Wednesday, June 11, 2003

Chennai, India

WAS MADRAS, NOW CHENNAI
Chennai is another of India's big cities. Only Delhi, Mumbai and Kolkata are bigger. The heatwave in Andhra Pradesh hasn't spread as far south as Chennai but the mercury was still pushing well into the 30s when I was there.

I gave myself two full days in Chennai - the first to book my passage back to Kolkata and the second to explore the city. At the Central Railway Station I booked myself on the 30 hour Coromandel Express to Howrah Station in Kolkata and then at the Indian Airlines office secured a flight from Kolkata to Bangkok. Happy with my progress after day one I spent the evening in front of the television watching just about anything in English. Hindi language TV is perfectly awful. The volume levels of the channels are all different so as you surf through you have to turn the volume up to hear the sound on some channels while others almost blow the speakers, especially if it's some tragic Hindi music number. The programming contains about 30 channels of mindless Hindi movies with song and dance routines in ALL of them. The dancing almost always features 100 people doing the same dance but all of them perfectly out of time with each other. The locals love this stuff, and the louder the better.

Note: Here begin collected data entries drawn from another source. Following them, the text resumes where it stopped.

ghost use Rattle.std.specs.Prelude.{◌≡◌, IfOk};
ghost use Rattle.std.specs.String.{string_bytes};
ghost use Rattle.kid_top.specs.Stops.{status_of, numbered_text, form_text, theory_word, program_word, stop_text};

use kid_prog::{LoadCode, LoadFault};
use kid_theory::{TheoryCode, TheoryFault};
use std::alloc::{AllocError, Global};
use thiserror::Error;

/// Why a call did not do its work. Files are counted from 1, in the order of the words.
#[derive(Debug, Clone, Copy, PartialEq, Eq, Error)]
pub enum Stop {
    #[error("out of memory")]
    Memory,
    #[error("the words fit no command")]
    Usage,
    #[error("a file or the output failed")]
    Failed,
    #[error("the theory is refused: {0}")]
    Theory(TheoryFault),
    #[error("the program is refused: {0}")]
    Program(LoadFault),
    #[error("form {0} of the inputs is none")]
    Inputs(u32),
    #[error("file {0} is of a form that is not built yet")]
    Unbuilt(u8),
    #[error("file {0} is absent")]
    Absent(u8),
}

impl Stop {
    /// The status that the program ends with.
    pub fn status(self) -> u8
        ensures { result ≡ status_of self }
    {
        match self {
            Stop::Memory => 1,
            Stop::Usage => 2,
            Stop::Failed => 3,
            Stop::Theory(_) => 5,
            Stop::Program(_) => 7,
            Stop::Inputs(_) => 8,
            Stop::Unbuilt(_) => 10,
            Stop::Absent(_) => 12,
        }
    }

    /// The line that is put on err.
    pub fn text(self, alloc: Global) -> Result<String, AllocError>
        ensures { IfOk result (λ text. string_bytes text ≡ stop_text self) }
    {
        match self {
            Stop::Memory => String::from_str(alloc, "(memory)\n"),
            Stop::Usage => String::from_str(alloc, "(usage)\n"),
            Stop::Failed => String::from_str(alloc, "(fault)\n"),
            Stop::Theory(fault) => of_form(alloc, "(theory ", fault.form, theory_word(fault.code)),
            Stop::Program(fault) => of_form(
                alloc,
                "(program ",
                fault.form,
                program_word(fault.code),
            ),
            Stop::Inputs(form) => numbered(alloc, "(inputs ", form),
            Stop::Unbuilt(file) => numbered(alloc, "(unbuilt ", u32::from(file)),
            Stop::Absent(file) => numbered(alloc, "(absent ", u32::from(file)),
        }
    }
}

/// The words, the number and the end of a list and a line.
fn numbered(alloc: Global, words: &str, number: u32) -> Result<String, AllocError>
    ensures { IfOk result (λ text. string_bytes text ≡ numbered_text words.now number) }
{
    let mut text = String::from_str(alloc, words)?;
    let number = number.to_string(alloc)?;
    text.push_str(number.as_str())?;
    text.push_str(")\n")?;
    Ok(text)
}

/// The words, the number of a form, the word for what is wrong with it, and the end of a list and a line.
fn of_form(alloc: Global, words: &str, form: u32, word: &str) -> Result<String, AllocError>
    ensures { IfOk result (λ text. string_bytes text ≡ form_text words.now form word.now) }
{
    let mut text = String::from_str(alloc, words)?;
    let number = form.to_string(alloc)?;
    text.push_str(number.as_str())?;
    text.push_str(" ")?;
    text.push_str(word)?;
    text.push_str(")\n")?;
    Ok(text)
}

/// The word for what is wrong with a theory.
fn theory_word(code: TheoryCode) -> &'static str
    ensures { result.now ≡ theory_word code }
{
    match code {
        TheoryCode::Large => "large",
        TheoryCode::Read => "read",
        TheoryCode::Limit => "limit",
        TheoryCode::Form => "form",
        TheoryCode::Name => "name",
        TheoryCode::Cycle => "cycle",
        TheoryCode::Sort => "sort",
        TheoryCode::Proof => "proof",
        TheoryCode::Memory => "memory",
    }
}

/// The word for what is wrong with a program.
fn program_word(code: LoadCode) -> &'static str
    ensures { result.now ≡ program_word code }
{
    match code {
        LoadCode::Large => "large",
        LoadCode::Read => "read",
        LoadCode::Version => "version",
        LoadCode::Form => "form",
        LoadCode::Sort => "sort",
        LoadCode::Memory => "memory",
    }
}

The next day I took a walk beside the Kuvam River along Langs Garden Road, a beautifully named thoroughfare lined on one side with some of the most spectacularly ugly buildings on earth, made of concrete and tinted glass, overlooking the river. The other side of the street next to river was lined with slums and populated with what the Indian newspapers would euphemistically call 'economically backward people'. I was mobbed by naked children asking for all sorts of things ranging from a school pen or my sunglasses. Women hung washing over the handrail of the bridge as I stepped over piles of human excrement and puddles of fresh urine. I took some photographs so I could remember the scene but what the photos won't capture is the putrid smell of the river beside the slums. For the first time I can remember I came close to vomiting because of the smell.

I carried on towards Marina Beach but it was so hot that I had to stop every 15 minutes but when I did I was mobbed once more - not by children this time but by flies. The kind that want to land on your eyelids and lips and fly up your nose and into your ears. Before I reached the beach I found Chidambaram Stadium (Chennai's cricket ground) found an open gate leading into the ground and made my way onto the turf where NZ lost to India in 1995. The groundsman was preparing the pitch for a game the following day so I chatted with him for a while and he told of all the great games played here in the past.

The beach was an eye-opener; filthy of course but massive. From the start of the sand it took ten minutes to walk to the surf. Grown men in singlets, some in trousers and some in their underwear, were frolicking in the water acting like small children. The grown men were trampling small children while the women sat fully clothed on the beach admiring the men and fearing for the children. No Baywatch here. There were about 200 people in the water, all males save for a few pre-teen girls. Carts filled with dried fish lined the shore and men selling ice cream relentlessly rang their little bells while everyone ignored them. There were also a few ancient looking carnival rides that looked like death traps.

The beach in Chennai
Bored with the beach I walked back up the main street beside the Bay of Bengal past the Fort towards Parry's but it was much farther than I thought. I ended up jumping on a city bus and got off near the High Court, from there I knew the way back to where I was staying on Kennet Lane, near Egmore Station.